In the alternative the Collector contends that the bonds deposited with the Iowa insurance commissioner if not taxable *120on the basis of delivery alone, are taxable under the statute as a “transfer in trust.” This contention is predicated upon Article 34 of Treasury Regulations 71 (1932 Ed.), 26 CFR § 111.34, which provides that “(b) The transfer of stock to or by trustees” is subject to tax. Article 120 (26 CFR § 111.120) makes the provisions of Article 34 relating to sales or transfers of stock applicable to sales and transfers of bonds.

The regulation does not define the term “trustee”, and it, therefore, must be understood in its “natural and most obvious import” to denote one who holds the legal title to property for the benefit of another.
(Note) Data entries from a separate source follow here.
//! Resources as they open.
ghost use Rattle.std.specs.Prelude.{◌≡◌, IsTrue, IfOk};
ghost use Rattle.std.specs.List.{AllPass};
ghost use Rattle.sim_types.specs.Setups.{resource_fits};
ghost use Rattle.sim_shared_model.specs.DeskOf.{resource_kind};
ghost use Rattle.sim_shared_model.specs.Shelves.{store_kind};
ghost use Rattle.sim_types.specs.declared.setup.ResourceKind.TheVariants as kinds;
ghost use Rattle.sim_shared.specs.Opening.{AreOpened, IsOpened};

use crate::resource::SharedResource;
use sim_resource::Desk;
use sim_shared_model::{DeskKind, ShelfKind};
use sim_stores::{Shelf, Tank};
use sim_types::{Resource, ResourceKind};
use std::alloc::{AllocError, Global};

// A resource of slots, all of which are free.
fn desk(alloc: Global, kind: DeskKind, r: Resource) -> Result<SharedResource, AllocError>
    requires kind { r.kind ≡ resource_kind kind }
    requires fits { IsTrue (resource_fits r) }
    ensures { IfOk result (λ x. IsOpened r x) }
{
    Ok(SharedResource::Desk(Desk::new(alloc, kind, r.capacity as u32)?))
}

// A container, which holds what it opens with.
fn tank(alloc: Global, r: Resource) -> Result<SharedResource, AllocError>
    requires kind { r.kind ≡ kinds.Container }
    requires fits { IsTrue (resource_fits r) }
    ensures { IfOk result (λ x. IsOpened r x) }
{
    let mut tank = Tank::new(alloc, r.capacity, r.opening);
    tank.reserve()?;
    Ok(SharedResource::Tank(tank))
}

// A store without items.
fn shelf(alloc: Global, kind: ShelfKind, r: Resource) -> Result<SharedResource, AllocError>
    requires kind { r.kind ≡ store_kind kind }
    requires fits { IsTrue (resource_fits r) }
    ensures { IfOk result (λ x. IsOpened r x) }
{
    let mut shelf = Shelf::new(alloc, kind, r.capacity as u64);
    shelf.reserve()?;
    Ok(SharedResource::Shelf(shelf))
}

// A resource as it opens, with room for one to wait.
fn open(alloc: Global, r: Resource) -> Result<SharedResource, AllocError>
    requires fits { IsTrue (resource_fits r) }
    ensures { IfOk result (λ x. IsOpened r x) }
{
    match r.kind {
        ResourceKind::Plain => desk(alloc, DeskKind::Plain, r),
        ResourceKind::Priority => desk(alloc, DeskKind::Priority, r),
        ResourceKind::Preemptive => desk(alloc, DeskKind::Preemptive, r),
        ResourceKind::Container => tank(alloc, r),
        ResourceKind::Store => shelf(alloc, ShelfKind::Fifo, r),
        ResourceKind::PStore => shelf(alloc, ShelfKind::Priority, r),
        ResourceKind::FStore => shelf(alloc, ShelfKind::Filter, r),
    }
}

#[tactic(auto, using(crate::proofs::OpenedResources::opened_none, crate::proofs::OpenedResources::opened_all))]
/// All of these resources as they open, each with room for one to wait.
pub(crate) fn open_all(
    alloc: Global,
    resources: &[Resource],
) -> Result<Vec<SharedResource>, AllocError>
    requires fit { AllPass resource_fits resources.now }
    ensures { IfOk result (λ v. AreOpened resources.now v.items) }
{
    let mut opened = Vec::new(alloc);
    opened.reserve(resources.len())?;
    for i in 0..resources.len() {
        opened.push_reserved(open(alloc, resources[i])?);
    }
    Ok(opened)
}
Cliffs Corp. v. United States, 6 Cir., 103 F.2d 77, 80. It follows that no trust is created by the deposit whereby the legal title vested in the insurance commissioner. Neither is the commissioner a “trustee” within the obvious meaning of the regulation. The “trust rights” of the policyholders referred to in the Fischer case, supra, relate to their statutory rights against the insurance commissioner as official statutory custodian of the securities deposited with him. The commissioner owes the same duty to the company that he owes to the policyholders, that is, to keep possession of the securities for the purposes defined in the Iowa statute. He acquires from the company no right, title or interest in the deposited securities themselves. His function is to keep them available, on the one hand, to the company for exchange and substitution and for collecting the income from them, and, on the other hand, to the court in the event of default, insolvency or receivership of the company.

To support his contention the Collector can not depend upon the requirements of the Iowa statutes in respect of securities held for the protection of the policyholders of a foreign corporation. Those requirements are not the same as the requirements for an insurance company organized under the laws of Iowa. In the case of a foreign company doing business in Iowa, § 8652 of the Code of Iowa of 1939 requires the proper officer of the state under whose laws the company is organized to furnish the Iowa insurance commissioner a certificate, “under his official seal, that he as such officer holds in trust and on deposit for the benefit of all the policyholders of such company, the securities above mentioned.” (Italics supplied.) This statute does not apply to Iowa companies, and, therefore, does not sustain the contention that the commissioner holds the securities of an Iowa company as a trustee. This fact distinguishes the present case from Occidental Life Ins. Co. v. Rogan, supra, relied upon by the Collector.

For the foregoing reasons the judgment appealed from is affirmed.